▶ [Action item]
Scan the listing for the word "past" and report every line that contains it.

+++ Material provided

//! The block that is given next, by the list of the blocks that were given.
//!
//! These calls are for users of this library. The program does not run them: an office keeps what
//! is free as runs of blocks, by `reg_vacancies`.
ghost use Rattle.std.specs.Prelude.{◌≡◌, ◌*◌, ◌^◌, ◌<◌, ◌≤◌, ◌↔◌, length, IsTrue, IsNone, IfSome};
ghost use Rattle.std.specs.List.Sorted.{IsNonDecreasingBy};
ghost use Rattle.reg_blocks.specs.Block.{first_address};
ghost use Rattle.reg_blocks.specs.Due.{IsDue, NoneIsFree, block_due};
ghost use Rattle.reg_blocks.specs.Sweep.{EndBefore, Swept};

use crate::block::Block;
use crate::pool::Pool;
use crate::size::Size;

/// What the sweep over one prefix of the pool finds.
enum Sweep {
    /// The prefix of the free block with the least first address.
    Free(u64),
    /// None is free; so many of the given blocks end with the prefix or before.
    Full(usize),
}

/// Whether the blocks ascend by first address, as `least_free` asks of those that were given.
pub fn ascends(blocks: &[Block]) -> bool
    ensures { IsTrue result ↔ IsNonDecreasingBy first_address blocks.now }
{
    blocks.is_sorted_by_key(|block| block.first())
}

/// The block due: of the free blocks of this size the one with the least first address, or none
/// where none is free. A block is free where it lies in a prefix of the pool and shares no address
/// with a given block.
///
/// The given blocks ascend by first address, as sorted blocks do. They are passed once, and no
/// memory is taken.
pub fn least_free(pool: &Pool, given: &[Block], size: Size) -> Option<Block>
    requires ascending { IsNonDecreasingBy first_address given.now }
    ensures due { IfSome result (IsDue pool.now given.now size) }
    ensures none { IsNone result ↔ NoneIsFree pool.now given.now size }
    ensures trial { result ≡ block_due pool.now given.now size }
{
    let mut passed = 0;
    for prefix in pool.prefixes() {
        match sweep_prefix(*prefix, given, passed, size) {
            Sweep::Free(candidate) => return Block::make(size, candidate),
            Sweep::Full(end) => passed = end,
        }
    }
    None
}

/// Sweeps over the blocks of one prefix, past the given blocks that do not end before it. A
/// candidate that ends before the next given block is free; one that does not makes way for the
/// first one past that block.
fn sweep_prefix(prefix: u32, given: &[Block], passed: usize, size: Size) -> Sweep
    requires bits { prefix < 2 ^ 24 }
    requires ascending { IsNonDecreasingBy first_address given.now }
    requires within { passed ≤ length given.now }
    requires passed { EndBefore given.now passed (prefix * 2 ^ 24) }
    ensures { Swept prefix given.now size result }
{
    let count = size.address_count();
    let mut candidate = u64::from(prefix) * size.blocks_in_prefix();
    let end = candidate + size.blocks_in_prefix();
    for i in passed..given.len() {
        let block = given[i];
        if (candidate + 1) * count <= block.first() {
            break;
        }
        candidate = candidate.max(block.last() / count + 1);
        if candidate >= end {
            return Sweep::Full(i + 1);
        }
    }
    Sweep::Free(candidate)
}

++++++

▶ [Output for this exercise]
/// Sweeps over the blocks of one prefix, past the given blocks that do not end before it. A
/// first one past that block.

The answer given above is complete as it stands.